Sturgeon's Law posits that ninety percent of everything is crap. Either Sturgeon was a cockeyed optimist, or he knew nothing about software. The data warehouse required constant babying, reconfiguring, tuning, restarting ... pick your euphemism for “fixing.” Driving the process was a mix of recurrent and ad hoc queries, by which to gauge how well the temperamental software was behaving that day. In the ad hoc category, I queried with a few presumably innocent product RFIDs I'd recently captured with my scanner: tires on a friend's car, a second cousin's new penny loafers, a case of beer in the storeroom of the bistro where I had eaten dinner the previous night. I thought nothing of the gaggle of feds clustered across the lab at one of the security administration workstations. Secadmins are a breed onto themselves; it is their nature, like birds, to flock.

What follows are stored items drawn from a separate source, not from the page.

//! What plain entries of the agreed log make: states in which each cell's link is served by both of its servers, or by one of
//! them once the other one has left, until a Caught of the link, or by none once that one has come back with an empty store; in which
//! a disk moves from one map to another region by region; and in which a cell's era rises only once each server has reported to the fence.
//!
//! To the layers above it promises that such a state is steady, what of what it says of a cell, a server or a name each later
//! one says too, what has become of a link from one of its places to a later one, how far a cell is, and which reports stand before its
//! era rises. It knows nothing of letters, clients or histories.
#![tactic(auto)]

ghost use Rattle.std.specs.Prelude.{◌≡◌, ◌<◌, ◌≤◌, ◌⊎◌, ℕ, Bool, List, [], ◌∷◌, ◌++◌, Some, length, slice_get, true, false};
ghost use Rattle.petal_base.specs.declared.cell.Cell.{Cell};
ghost use Rattle.global_tables.specs.Region.{region_of};
ghost use Rattle.global_tables.specs.declared.link.LinkRow.{LinkRow};
ghost use Rattle.global_tables.specs.declared.link.LinkState.TheVariants.{Both, Only, Lost};
ghost use Rattle.petal_command.specs.declared.command.Command.{Command};
ghost use Rattle.petal_command.specs.declared.command.Command.TheVariants.{Join, Leave};
ghost use Rattle.spec_history.specs.Claims.{IsPrefix};
ghost use Rattle.spec_state.specs.CellState.{cell_link, source};
ghost use Rattle.spec_state.specs.CellState.{noted as is_noted};
ghost use Rattle.spec_state.specs.Command.{after, may_join, state_after};
ghost use Rattle.spec_state.specs.Place.{places_from, touches};
ghost use Rattle.spec_state.specs.State.{links_of, start};
ghost use Rattle.spec_rules.specs.Blanked.{blank_joins_from};
ghost use Rattle.spec_rules.specs.Lists.{In};
ghost use Rattle.spec_rules.specs.State.{State, held, is_in};
ghost use Rattle.spec_rules.specs.Writes.{is_writes_held};
ghost use Rattle.law_state.specs.LaterStates.{IsBelow, KeepsRoles};
ghost use Rattle.law_state.specs.Epochs.{HasReported};
ghost use Rattle.law_state.specs.Homes.{IsRetired, HasStage, era_at, stage_at};
ghost use Rattle.law_state.specs.NotedLinks.{HasMovedIn};
ghost use Rattle.law_state.specs.Disks.{AreDisks, AreInOrOut, HasJoined};
ghost use Rattle.law_state.specs.Joins.{CountsJoins, HasJoinedSince};
ghost use Rattle.law_state.specs.LinkChanges.{IsCaughtSince, IsCaughtStill, IsHeldStill, IsLostIn, IsTouchedBy, StaysSo};
ghost use Rattle.law_state.specs.Plain.{HasProperTuple, HasProperTuples};
ghost use Rattle.law_state.specs.Steady.{IsSteady};
ghost use Rattle.law_state.specs.Tables.{IsGrown, IsSettledState};

/// The state of a plain log is steady.
pub fn a_plain_log_is_steady()
    ensures { (servers : ℕ) (log : List Command) → HasProperTuples servers log → IsSteady (state_after servers log) }
{}

/// What the state of a prefix of a plain log says of names, that of the whole says too, and of a cell what its servers are that have stayed In.
pub fn a_longer_log_says_the_same()
    ensures { (servers : ℕ) (prefix whole : List Command) → HasProperTuples servers whole → IsPrefix prefix whole
        → IsBelow (state_after servers prefix) (state_after servers whole) }
{}

/// A server that is still In as the same incarnation leads a link, follows and serves it as before, until its map is retired; only that of a
/// link's two servers it may be left alone, and that a second server which was alone follows again.
pub fn a_longer_log_keeps_roles()
    ensures { (servers : ℕ) (prefix whole : List Command) → HasProperTuples servers whole → IsPrefix prefix whole
        → KeepsRoles (state_after servers prefix) (state_after servers whole) }
{}

/// The revision is the number of entries.
pub fn revisions_count_entries()
    ensures { (servers : ℕ) (log : List Command) → (state_after servers log).rev ≡ length log }
{}

/// The tables of a plain log: fences for snapshots and for the next regions of moves, each disk with a snapshot for each epoch below its own,
/// and each map that a disk has with the links that its tuple asks for.
pub fn a_plain_log_makes_plain_tables()
    ensures { (servers : ℕ) (log : List Command) → HasProperTuples servers log → IsSettledState servers (state_after servers log) }
{}

/// A longer log adds rows after those that are there, and changes none but who serves a link, and which snapshots and which maps a disk has;
/// and it drops the links of a map that is retired.
pub fn a_longer_log_only_adds()
    ensures { (servers : ℕ) (prefix whole : List Command) → HasProperTuples servers whole → IsPrefix prefix whole
        → IsGrown (state_after servers prefix) (state_after servers whole) }
{}

/// Each disk is found by its number and its name, and its snapshots by theirs, two disks have no map in common, and a cell of no disk has no link.
pub fn disks_and_cells_belong_together()
    ensures { (servers : ℕ) (log : List Command) → HasProperTuples servers log → AreDisks (state_after servers log) }
{}

/// Each server is In, or Out, and no incarnation is below 1.
pub fn servers_are_in_or_out()
    ensures { (servers : ℕ) (log : List Command) → HasProperTuples servers log → AreInOrOut servers (state_after servers log) }
{}

/// An incarnation that was In and no longer is has its Leave in the log. At the start each server is In as its first one.
pub fn who_is_out_has_left()
    ensures left { (servers : ℕ) (prefix whole : List Command) (n inc : ℕ) → HasProperTuples servers whole → IsPrefix prefix whole
        → is_in (state_after servers prefix) n inc ≡ true → is_in (state_after servers whole) n inc ≡ false → In (Leave n inc) whole }
    ensures starts { (servers n : ℕ) → n < servers → is_in (start servers) n 1 ≡ true }
{}

/// An incarnation that is In is the first, or has its Join in the log.
pub fn who_is_in_has_joined()
    ensures { (servers : ℕ) (log : List Command) (n inc : ℕ) → HasProperTuples servers log → is_in (state_after servers log) n inc ≡ true
        → (inc ≡ 1) ⊎ HasJoined log n inc }
{}

/// An entry that doesn't touch a link leaves its row as it is, and whether its two servers are In, but for one with which its map is retired; one
/// that does is the Leave of one of them, a Join, or the link's Caught. A longer log has no fewer places of a link, and where it has as many
/// it says the same of it, or its map is retired.
pub fn an_entry_that_does_not_touch_a_link()
    ensures stays { (servers : ℕ) (log : List Command) (entry : Command) (cell : Cell) (row : LinkRow) → HasProperTuples servers log
        → HasProperTuple servers entry
        → cell_link (state_after servers log) cell ≡ Some row → touches (state_after servers log) entry row ≡ false
        → StaysSo cell row (state_after servers log) (after (state_after servers log) entry) ⊎ IsRetired (after (state_after servers log) entry) cell }
    ensures touched { (servers : ℕ) (log : List Command) (entry : Command) (cell : Cell) (row : LinkRow) → HasProperTuples servers log
        → HasProperTuple servers entry → cell_link (state_after servers log) cell ≡ Some row → touches (state_after servers log) entry row ≡ true
        → IsTouchedBy cell row (state_after servers log) entry }
    ensures grows { (servers : ℕ) (prefix whole : List Command) (row : LinkRow) → IsPrefix prefix whole
        → places_from (start servers) prefix row ≤ places_from (start servers) whole row }
    ensures place { (servers : ℕ) (prefix whole : List Command) (cell : Cell) (row : LinkRow) → HasProperTuples servers whole → IsPrefix prefix whole
        → cell_link (state_after servers prefix) cell ≡ Some row → places_from (start servers) whole row ≡ places_from (start servers) prefix row
        → StaysSo cell row (state_after servers prefix) (state_after servers whole) ⊎ IsRetired (state_after servers whole) cell }
{}

/// A link that is in Both is at the place at which it was seen before, or a Caught put it there since. One that a server holds alone
/// stays so, or its first change is the holder's Caught, or the holder joins with an empty store and the link is Lost, which it stays. And
/// while both servers of a link in Both stay In, it stays at its place.
pub fn a_link_is_in_both_again_by_its_caught()
    ensures caught { (servers : ℕ) (prefix whole : List Command) → HasProperTuples servers whole → IsPrefix prefix whole → (cell : Cell) (row now : LinkRow)
        → cell_link (state_after servers prefix) cell ≡ Some row → cell_link (state_after servers whole) cell ≡ Some now → now.state ≡ Both
        → (places_from (start servers) whole row ≡ places_from (start servers) prefix row) ⊎ IsCaughtSince servers prefix whole cell now }
    ensures alone { (servers : ℕ) (prefix whole : List Command) → HasProperTuples servers whole
        → IsPrefix prefix whole → (cell : Cell) (row now : LinkRow) (holder : ℕ) (fills : Bool) → cell_link (state_after servers prefix) cell ≡ Some row
        → row.state ≡ Only holder fills → cell_link (state_after servers whole) cell ≡ Some now → IsHeldStill holder fills now.state ⊎ (now.state ≡ Lost)
        × IsLostIn servers prefix whole holder ⊎ IsCaughtStill servers prefix whole cell row holder fills }
    ensures lost { (servers : ℕ) (prefix whole : List Command) → HasProperTuples servers whole → IsPrefix prefix whole → (cell : Cell) (row now : LinkRow)
        → cell_link (state_after servers prefix) cell ≡ Some row → row.state ≡ Lost → cell_link (state_after servers whole) cell ≡ Some now → now.state ≡ Lost }
    ensures both { (servers : ℕ) (prefix whole : List Command) → HasProperTuples servers whole → IsPrefix prefix whole
        → (cell : Cell) (row : LinkRow) (one other : ℕ)
        → cell_link (state_after servers prefix) cell ≡ Some row → row.state ≡ Both → is_in (state_after servers prefix) row.primary one ≡ true
        → is_in (state_after servers prefix) row.secondary other ≡ true → is_in (state_after servers whole) row.primary one ≡ true
        → is_in (state_after servers whole) row.secondary other ≡ true → places_from (start servers) whole row ≡ places_from (start servers) prefix row }
{}

/// A server that is In as an incarnation was so before, or has joined as it since, and no Join of that incarnation or an earlier one
/// acts any more.
pub fn an_incarnation_joins_once()
    ensures since { (servers : ℕ) (prefix whole : List Command) (n inc : ℕ) → HasProperTuples servers whole
        → IsPrefix prefix whole → is_in (state_after servers whole) n inc ≡ true → (is_in (state_after servers prefix) n inc ≡ true)
        ⊎ ((blank : Bool) × HasJoinedSince servers prefix whole n inc blank) }
    ensures joins { (servers : ℕ) (prefix whole : List Command) (n inc : ℕ) (blank : Bool) → HasProperTuples servers whole
        → (joined : HasJoinedSince servers prefix whole n inc blank) → is_in (state_after servers (joined.until ++ Join n inc blank ∷ [])) n inc ≡ true }
    ensures once { (servers : ℕ) (prefix whole : List Command) (n inc other : ℕ) → HasProperTuples servers whole → IsPrefix prefix whole
        → is_in (state_after servers prefix) n inc ≡ true → other ≤ inc → may_join (slice_get (state_after servers whole).view.members n) other ≡ false }
{}

/// The Joins of a server with an empty store that act are counted: a longer log has no fewer, and each entry that counts is such a Join.
pub fn blank_joins_only_grow()
    ensures grows { (servers : ℕ) (prefix whole : List Command) (n : ℕ) → IsPrefix prefix whole
        → blank_joins_from (start servers) prefix n ≤ blank_joins_from (start servers) whole n }
    ensures entry { (servers : ℕ) (prefix : List Command) (entry : Command) (n : ℕ) → CountsJoins servers prefix entry n }
    ensures counts { (servers : ℕ) (prefix whole : List Command) (n inc : ℕ) → HasJoinedSince servers prefix whole n inc true
        → blank_joins_from (start servers) prefix n < blank_joins_from (start servers) whole n }
{}

/// A cell's era never falls. While a server stays In as one incarnation, the era of a cell that is live and not leaving rises only after its
/// report to an active fence that holds the cell's writes: from a prefix on whose own active fence does not hold them, and from one after
/// which a server leaves, since the active fence then awaits all reports again.
pub fn an_epoch_rises_after_reports()
    ensures grows { (servers : ℕ) (prefix whole : List Command) (cell : Cell) → HasProperTuples servers whole → IsPrefix prefix whole
        → era_at (state_after servers prefix) cell ≤ era_at (state_after servers whole) cell }
    ensures unheld { (servers : ℕ) (prefix whole : List Command) (n inc : ℕ) (cell : Cell)
        → HasProperTuples servers whole → IsPrefix prefix whole → is_in (state_after servers prefix) n inc ≡ true
        → is_in (state_after servers whole) n inc ≡ true
        → is_writes_held (held (state_after servers prefix) cell) ≡ false → 1 ≤ stage_at (state_after servers prefix) cell
        → stage_at (state_after servers prefix) cell ≤ 2 → era_at (state_after servers prefix) cell < era_at (state_after servers whole) cell
        → HasReported servers prefix whole n inc cell }
    ensures left { (servers : ℕ) (prefix whole : List Command) (n inc other other_inc : ℕ) (cell : Cell)
        → HasProperTuples servers whole → IsPrefix (prefix ++ Leave other other_inc ∷ []) whole
        → is_in (state_after servers prefix) other other_inc ≡ true → is_in (state_after servers (prefix ++ Leave other other_inc ∷ [])) n inc ≡ true
        → is_in (state_after servers whole) n inc ≡ true → 1 ≤ stage_at (state_after servers prefix) cell
        → stage_at (state_after servers prefix) cell ≤ 2 → era_at (state_after servers prefix) cell < era_at (state_after servers whole) cell
        → HasReported servers (prefix ++ Leave other other_inc ∷ []) whole n inc cell }
{}

/// A cell only goes forward: it is not live yet, coming, live, leaving, retired.
pub fn stages_only_grow()
    ensures { (servers : ℕ) (prefix whole : List Command) (cell : Cell) → HasProperTuples servers whole → IsPrefix prefix whole
        → stage_at (state_after servers prefix) cell ≤ stage_at (state_after servers whole) cell }
{}

/// What the state says of a cell, its stage says: whether it is live, leaves or comes, and who leads it; and a cell that comes and the one that it
/// comes from know each other.
pub fn a_stage_says_what_a_cell_is()
    ensures { (servers : ℕ) (log : List Command) (cell : Cell) → HasProperTuples servers log → HasStage (state_after servers log) cell }
{}

/// A link of an old map is noted after its Moved, and a region has moved after those of all links.
pub fn a_region_moves_after_its_links()
    ensures noted { (servers : ℕ) (whole : List Command) (cell : Cell) (link : ℕ) → HasProperTuples servers whole
        → stage_at (state_after servers whole) cell ≡ 3
        → is_noted (state_after servers whole) cell.map (region_of cell.block) link ≡ true → HasMovedIn servers whole cell link }
    ensures retired { (servers : ℕ) (whole : List Command) (cell : Cell) (link : ℕ) → HasProperTuples servers whole
        → stage_at (state_after servers whole) cell ≡ 4
        → link < links_of (state_after servers whole) cell.map → HasMovedIn servers whole cell link }
    ensures twins { (servers : ℕ) (prefix whole : List Command) (cell old : Cell) → HasProperTuples servers whole
        → IsPrefix prefix whole → source (state_after servers prefix) cell ≡ Some old → stage_at (state_after servers prefix) cell ≡ 1
        → 2 ≤ stage_at (state_after servers whole) cell → stage_at (state_after servers whole) old ≡ 4 }
{}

I was staring at the screen in frozen disbelief, at a column of time-tagged hits that tracked my buddy's car around town yesterday, when an HSB guy—the gun-toting, agent type—sauntered over and tapped my shoulder. “A word to the wise, Zach. Checking out your friends and neighbors is not allowed either."
I went outside for lunch that day, and never came back.
* * * *
Which brings us to the end of my cautionary tale. If I am not simply deluding myself, if this blog has a readership beyond seething HSB agents, we may even be, to borrow a phrase from Winston Churchill, at the end of the beginning.
That is all very metaphorical, of course. I am going to be very vague about where, physically, I am. While I am being metaphorical, I will go so far as to admit a return to my roots. I am toiling once again at a mom & p
op store. It's someplace that pays me in cash, and that—like my Mom's & Dad's place—still uses those quaint, low-tech devices which, although called “cash registers,” register no information about the currency therein.
To anyone from HSB viewing this: Maybe it's a grocery. Of course, it could as easily be a dry cleaner, a hotdog stand, or a used-book store. Perhaps it's none of those.
In short, my hypothetical Dear Reader, I've gone underground. The Ten Most Wanted Fugitives list calls me a cyber-terrorist.
HSB now claims I've hacked into the transactional databases of American companies. Not so. At worst, I've grazed the database of one company, Big Bob's. In my opinion, that hardly rises to most-wanted status.
HSB would also have you believe I brazenly engaged in a nefarious spying operation from within the bowels of JAB itself. Once again: not so. I'll admit—I have admitted—to a few peeks. I'll assert every DBA and sysadmin there does the same. Vigilance in the search for bugs in crappy, overpriced software is no vice.
Why, then, is HSB after me?
It all keeps coming around to Big Bob's. You've already read my after-the-fact reasoning (rationalizing, if you prefer) about the field trips to Big Bob's that brought me to HSB's attention. But the friend's tires that surfaced in the CDW, just before I went to lunch and never returned, were bought at Big Bob's. By inference, Big Bob's provided the data to HSB. Who else could tie those specific tires to that friend? Not that Big Bob's alone could possibly have had enough RFID readers, widely enough dispersed, to have captured the peripatetic course around town of those tires....
The quicker I am taken into custody, the sooner this narrative, in its many reincarnations and mirror sites on offshore servers, stops. HSB does not want to reveal its plans—devised, I will postulate, with only the best of intentions—to track everyone, everywhere, at any time. They want at all costs to keep secret the clandestine co-opting of Big Bob's, and countless other retailers, into Big Brother.